- **TASK DETAILS**: Give back the entire listing below, unaltered.

- **AVAILABLE DATA**:
ghost use Rattle.std.specs.Prelude.{◌≡◌, ◌<◌, ◌^◌, ◌&&◌, ◌||◌, ◌==◌, ℕ, [], length, replicate, slice_index_or, All, IfOk, OnOk};
ghost use Rattle.tk_graph.specs.Cycle.{is_among};
ghost use Rattle.tk_graph.specs.Removal.{AreChildren, IsInside};

use std::alloc::{AllocError, Global};
use tk_types::List;

/// So many empty lists.
fn empty_lists(alloc: Global, count: usize) -> Result<Vec<List<u32>>, AllocError>
    ensures { IfOk result (λ lists. lists.items ≡ replicate count []) }
{
    let mut lists = Vec::with_capacity(alloc, count)?;
    for _i in 0..count {
        lists.push(List::new(alloc))?;
    }
    Ok(lists)
}

/// Puts a task among the children of its parents.
fn add_child(below: &mut Vec<List<u32>>, parents: &[u32], task: u32) -> Result<(), AllocError>
    requires { All (λ parent. parent < length below.old.items) parents.now }
    ensures count { length below.new.items ≡ length below.old.items }
    ensures added { OnOk result ((parent child : ℕ) → parent < length below.old.items
        → is_among (slice_index_or below.new.items parent []) child ≡ (is_among (slice_index_or below.old.items parent []) child || (child == task && is_among parents.now parent))) }
{
    for parent in parents {
        let children = &mut below[*parent as usize];
        children.push(task)?;
    }
    Ok(())
}

/// The children of each task.
pub(crate) fn children(alloc: Global, above: &[List<u32>]) -> Result<Vec<List<u32>>, AllocError>
    requires few { length above.now < 2 ^ 32 }
    requires inside { IsInside above.now }
    ensures count { IfOk result (λ below. length below.items ≡ length above.now) }
    ensures children { IfOk result (λ below. AreChildren above.now below.items) }
{
    let mut below = empty_lists(alloc, above.len())?;
    for (task, parents) in above.iter().enumerate() {
        add_child(&mut below, parents.as_slice(), task as u32)?;
    }
    Ok(below)
}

- **RESPONSE FOR THIS EXERCISE**:
ghost use Rattle.std.specs.Prelude.{◌≡◌, ◌<◌, ◌^◌, ◌&&◌, ◌||◌, ◌==◌, ℕ, [], length, replicate, slice_index_or, All, IfOk, OnOk};
ghost use Rattle.tk_graph.specs.Cycle.{is_among};
ghost use Rattle.tk_graph.specs.Removal.{AreChildren, IsInside};

use std::alloc::{AllocError, Global};
use tk_types::List;

/// So many empty lists.
fn empty_lists(alloc: Global, count: usize) -> Result<Vec<List<u32>>, AllocError>
    ensures { IfOk result (λ lists. lists.items ≡ replicate count []) }
{
    let mut lists = Vec::with_capacity(alloc, count)?;
    for _i in 0..count {
        lists.push(List::new(alloc))?;
    }
    Ok(lists)
}

/// Puts a task among the children of its parents.
fn add_child(below: &mut Vec<List<u32>>, parents: &[u32], task: u32) -> Result<(), AllocError>
    requires { All (λ parent. parent < length below.old.items) parents.now }
    ensures count { length below.new.items ≡ length below.old.items }
    ensures added { OnOk result ((parent child : ℕ) → parent < length below.old.items
        → is_among (slice_index_or below.new.items parent []) child ≡ (is_among (slice_index_or below.old.items parent []) child || (child == task && is_among parents.now parent))) }
{
    for parent in parents {
        let children = &mut below[*parent as usize];
        children.push(task)?;
    }
    Ok(())
}

/// The children of each task.
pub(crate) fn children(alloc: Global, above: &[List<u32>]) -> Result<Vec<List<u32>>, AllocError>
    requires few { length above.now < 2 ^ 32 }
    requires inside { IsInside above.now }
    ensures count { IfOk result (λ below. length below.items ≡ length above.now) }
    ensures children { IfOk result (λ below. AreChildren above.now below.items) }
{
    let mut below = empty_lists(alloc, above.len())?;
    for (task, parents) in above.iter().enumerate() {
        add_child(&mut below, parents.as_slice(), task as u32)?;
    }
    Ok(below)
}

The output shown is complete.